Que l’enfant puisse se lever et marcher est bien pour moi signe de guérison. Je sais à quel point
une crise de grand mal fatigue. La personne doit être aidée pour se lever,
souvent il faut la porter, marcher lui est très difficile.
Cette guérison me
sidère, car il y a lésion du cerveau et réparer cela, c’est pour moi finalement
aussi fort que la résurrection de la fille de Jaïre (Mc5, 21). D’ailleurs la
demande de Jésus « donnez lui à manger » m’a fait poser la question
d’une anorexie qui serait un refus chez cette fille de 12 ans, donc en âge
d’être mariée, de l’avenir qui l’attend.
C’est peut être
pour cela que Jésus reproche le manque de foi, manque de foi des disciples
paralysés par la peur, manque de foi du père qui sait bien qu’il demande
l’impossible
Il est certain que
vu de l’extérieur, cet enfant est pris par quelque chose (ou quelqu’un qui le
manipule et qui lui veut du mal (un peu comme l’homme geradséen qui se blesse
lui même).
Que Jésus dise
« démon sourd et muet sors de cet enfant » montre qu’il s’agit de
débloquer quelque chose.
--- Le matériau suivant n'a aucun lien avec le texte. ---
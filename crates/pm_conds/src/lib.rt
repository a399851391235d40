//! The conditions of a recipe: what each asks for, what it searches, and whether all of them hold, evaluated in order
//! (procmailrc(5), "Conditions").
#![tactic(auto)]

mod asked;
mod conditions;
mod counting;
mod holding;
mod judging;
mod laws;
mod leads;
mod observer;
mod scoring;
mod searching;
mod sizes;

pub use holding::{Verdict, conditions_hold, holds};
pub use judging::{exited, has_weight, judge_one, question_of, test};
pub use laws::{examples, notes_are_meant};
pub use leads::read_lead;
pub use observer::{NoObserver, Note, Observer};
pub use scoring::{end_of_all, note_score};
pub use searching::program_input;
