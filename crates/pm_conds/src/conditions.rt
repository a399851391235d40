//! The conditions of a recipe, with the programs that they ask (procmailrc(5), "Conditions").
ghost use Rattle.std.specs.Prelude.{◌≡◌, IfOk};
ghost use Rattle.pm_journal.specs.Executed.{Carries};
ghost use Rattle.pm_meaning.specs.Leads.{asking_of};
ghost use Rattle.pm_meaning.specs.Judging.{judged_with, comes_of, comes_within, come_with};
ghost use Rattle.pm_meaning.specs.Judging;
ghost use Rattle.pm_meaning.specs.Judging.{tested};
ghost use Rattle.pm_meaning.specs.Minds.{mind_of};
ghost use Rattle.pm_conds.specs.Notes.{Hears};

use crate::judging::{exited, has_weight, judge_one, question_of, test};
use crate::leads::read_lead;
use crate::observer::Observer;
use crate::scoring::{end_of_all, note_score};
use crate::searching::program_input;
use pm_bytes::Memory;
use pm_host::Command;
use pm_journal::Asks;
use pm_meaning::question::{Judgement, Outcome, Question};
use pm_meaning::{
    Expansion, ProgramLine, Run, code_of, expand_text, first_word, note_code, outputs_of,
    past_blanks, read_line, tell_run,
};
use pm_recipe::{Condition, Flags};
use pm_subst::Mode;
use std::alloc::Global;

/// How often the text of a condition is expanded at most.
const MOST_DOLLARS: u64 = 8;

/// Judges the conditions in order, up to one that ends it. MATCH is set by each that matches after a `\/`, `$?` by each
/// program, and `$=` where one of them has a weight. The observer hears what came of each.
pub fn judge<D: Asks, N: Observer>(
    alloc: Global,
    run: &mut Run<D>,
    conditions: &[Condition],
    flags: Flags,
    observer: &mut N,
) -> Result<Judgement, Memory>
    ensures carries { Carries (Judging.judge conditions.now flags (mind_of run.old.process))
        (λ verdict. judged_with verdict (mind_of run.new.process)) result
        run.old.journal run.new.journal (D.told run.old.outside) (D.told run.new.outside) }
    ensures hears { IfOk result (λ verdict. Hears conditions.now flags (mind_of run.old.process)
        (judged_with verdict (mind_of run.new.process)) run.old.journal run.new.journal
        (N.heard observer.old) (N.heard observer.new)) }
{
    let weighted = has_weight(conditions);
    let mut total = 0;
    for condition in conditions {
        let outcome = outcome(alloc, run, condition, flags)?;
        let text = &condition.text;
        let ended = judge_one(alloc, text, &outcome, &mut total, &mut run.process.vars)?;
        observer.judged(&outcome, total, run.journal.len())?;
        if let Some(end) = ended {
            note_score(weighted, total, &mut run.process.vars);
            return Ok(end);
        }
    }
    note_score(weighted, total, &mut run.process.vars);
    Ok(end_of_all(weighted, total))
}

// What comes of a condition. A weight with a number out of its range makes it a defect.
fn outcome<D: Asks>(
    alloc: Global,
    run: &mut Run<D>,
    condition: &Condition,
    flags: Flags,
) -> Result<Outcome, Memory>
    ensures carries { Carries (comes_of condition.now flags (mind_of run.old.process))
        (λ outcome. come_with outcome (mind_of run.new.process)) result
        run.old.journal run.new.journal (D.told run.old.outside) (D.told run.new.outside) }
{
    match question_of(condition.weight) {
        None => Ok(Outcome::Defective),
        Some(question) => {
            let text = condition.text.as_slice();
            ask(alloc, run, text, question, MOST_DOLLARS, flags)
        }
    }
}

// What comes of a text after a question; a `$` expands the rest, which is read again, `left` times at most.
fn ask<D: Asks>(
    alloc: Global,
    run: &mut Run<D>,
    text: &[u8],
    question: Question,
    left: u64,
    flags: Flags,
) -> Result<Outcome, Memory>
    ensures carries { Carries (comes_within left flags (asking_of text.now question) (mind_of run.old.process))
        (λ outcome. come_with outcome (mind_of run.new.process)) result
        run.old.journal run.new.journal (D.told run.old.outside) (D.told run.new.outside) }
{
    let mut question = question;
    let rest = read_lead(alloc, text, &mut question)?;
    if !rest.starts_with(b"$") {
        return ask_rest(alloc, run, rest, &question, flags);
    }
    if left == 0 {
        return Ok(Outcome::Defective);
    }
    let rest = &rest[1..];
    let outputs = outputs_of(alloc, run, rest, Mode::Quoted)?;
    match expand_text(
        alloc,
        rest,
        Mode::Quoted,
        &run.process.vars,
        outputs.as_slice(),
    )? {
        Expansion::TooLong(length) => Ok(Outcome::TooLong(length)),
        Expansion::Words(words) => {
            let value = first_word(alloc, words);
            let text = past_blanks(value.as_slice());
            ask(alloc, run, text, question, left - 1, flags)
        }
    }
}

// What comes of the test that the text is: `?` asks a program.
fn ask_rest<D: Asks>(
    alloc: Global,
    run: &mut Run<D>,
    text: &[u8],
    question: &Question,
    flags: Flags,
) -> Result<Outcome, Memory>
    ensures carries { Carries (tested flags (asking_of text.now question.now) (mind_of run.old.process))
        (λ outcome. come_with outcome (mind_of run.new.process)) result
        run.old.journal run.new.journal (D.told run.old.outside) (D.told run.new.outside) }
{
    if text.starts_with(b"?") {
        let line = past_blanks(&text[1..]);
        return ask_line(alloc, run, line, question, flags);
    }
    test(
        alloc,
        text,
        question,
        flags,
        &mut run.process.message,
        &run.process.vars,
    )
}

// What comes of a program's line. One that can't be run makes the condition a defect.
fn ask_line<D: Asks>(
    alloc: Global,
    run: &mut Run<D>,
    line: &[u8],
    question: &Question,
    flags: Flags,
) -> Result<Outcome, Memory>
    ensures carries { Carries (Judging.ask_line line.now flags question.now (mind_of run.old.process))
        (λ outcome. come_with outcome (mind_of run.new.process)) result
        run.old.journal run.new.journal (D.told run.old.outside) (D.told run.new.outside) }
{
    match read_line(alloc, run, line)? {
        ProgramLine::Runs(command) => ask_program(alloc, run, command, line, question, flags),
        ProgramLine::NoWords => Ok(Outcome::Defective),
        ProgramLine::Unusable => Ok(Outcome::Defective),
        ProgramLine::TooLong(length) => Ok(Outcome::TooLong(length)),
    }
}

// What comes of a program, which gets what the condition names.
fn ask_program<D: Asks>(
    alloc: Global,
    run: &mut Run<D>,
    command: Command,
    line: &[u8],
    question: &Question,
    flags: Flags,
) -> Result<Outcome, Memory>
    ensures carries { Carries (Judging.ask_program command line.now flags question.now (mind_of run.old.process))
        (λ outcome. come_with outcome (mind_of run.new.process)) result
        run.old.journal run.new.journal (D.told run.old.outside) (D.told run.new.outside) }
{
    let scope = &question.scope;
    let input = program_input(alloc, scope, flags, &run.process.message, &run.process.vars)?;
    let end = run.run_program(alloc, command, input, false)?;
    note_code(end, &mut run.process);
    tell_run(alloc, run, end, line)?;
    Ok(exited(question, code_of(end)))
}
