//! Conditions on sizes: `<` and `>` (procmailrc(5), "Conditions").
ghost use Rattle.std.specs.Prelude.{◌≡◌, length, position};
ghost use Rattle.std.specs.List.{list_all};
ghost use Rattle.pm_bytes.specs.Letter.{is_blank_byte};
ghost use Rattle.pm_meaning.specs.Evaluating.{word_length};
ghost use Rattle.pm_meaning.specs.Evaluating;
ghost use Rattle.pm_meaning.specs.Evaluating.{number_between, inverted_if};
ghost use Rattle.pm_meaning.specs.Weighing;
ghost use Rattle.pm_meaning.specs.Searching.{holds_if};

use pm_bytes::{is_blank, read_count};
use pm_meaning::past_blanks;
use pm_meaning::question::{Factors, Outcome, Question};

/// The place of the first blank.
fn word_end(text: &[u8]) -> Option<usize>
    ensures { result ≡ position is_blank_byte text.now }
{
    text.iter().position(|byte| is_blank(*byte))
}

/// Whether there is nothing but blanks.
fn is_all_blank(text: &[u8]) -> bool
    ensures { result ≡ list_all is_blank_byte text.now }
{
    text.iter().all(|byte| is_blank(*byte))
}

/// The number that a word writes, where nothing but blanks stands after it.
fn word_number(text: &[u8]) -> Option<u64>
    ensures { result ≡ Evaluating.word_number text.now }
{
    let end = word_end(text).unwrap_or(text.len());
    if is_all_blank(&text[end..]) {
        read_count(&text[..end])
    } else {
        None
    }
}

/// The number between blanks.
pub fn number_in(text: &[u8]) -> Option<u64>
    ensures { result ≡ number_between text.now }
{
    word_number(past_blanks(text))
}

/// A condition that holds, or doesn't.
pub fn outcome_if(holds: bool) -> Outcome
    ensures { result ≡ holds_if holds }
{
    if holds {
        Outcome::Holds
    } else {
        Outcome::Fails
    }
}

/// A condition on a size: that it is above the number, or below it.
fn size_outcome(inverted: bool, above: bool, size: u64, number: Option<u64>) -> Outcome
    ensures { result ≡ Evaluating.size_outcome inverted above size number }
{
    match number {
        None => Outcome::Defective,
        Some(number) => {
            let test = if above { number < size } else { size < number };
            outcome_if(test != inverted)
        }
    }
}

/// A condition on a size with a weight. Inverted it is a defect.
fn weighed_size(
    weight: Factors,
    inverted: bool,
    above: bool,
    length: u64,
    number: Option<u64>,
) -> Outcome
    ensures { result ≡ Weighing.weighed_size weight inverted above length number }
{
    match number {
        Some(number) if !inverted => Outcome::Compared {
            weight,
            above,
            length,
            number,
        },
        _ => Outcome::Defective,
    }
}

/// A condition on a size, with a weight or without one.
pub fn measured_outcome(
    question: &Question,
    above: bool,
    length: u64,
    number: Option<u64>,
) -> Outcome
    ensures { result ≡ Evaluating.measured_outcome question.now.weight question.now.inverted above length number }
{
    match question.weight {
        None => size_outcome(question.inverted, above, length, number),
        Some(weight) => weighed_size(weight, question.inverted, above, length, number),
    }
}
Cela fait un peu penser à ces sources qui ne coulent
plus parce qu’elles sont obstruées par quelque chose.
Jésus a la
puissance de faire cela, de débloquer ce qui est bloqué depuis la naissance
(certainement prématurée), de rétablir une intégrité somatique et pour moi,
cette guérison est naissance.
Alors il est
possible de voir en Celui qui vient d’être reconnu au début du chapitre 9 comme
le « Fils bien aimé » Celui qui donne la vie à cet enfant malade et
qui par sa mort (annoncée dans les versets suivants) donnera une autre vie à
tous ceux qui se reconnaissent enchaînés, pris, abaissés, sans paroles.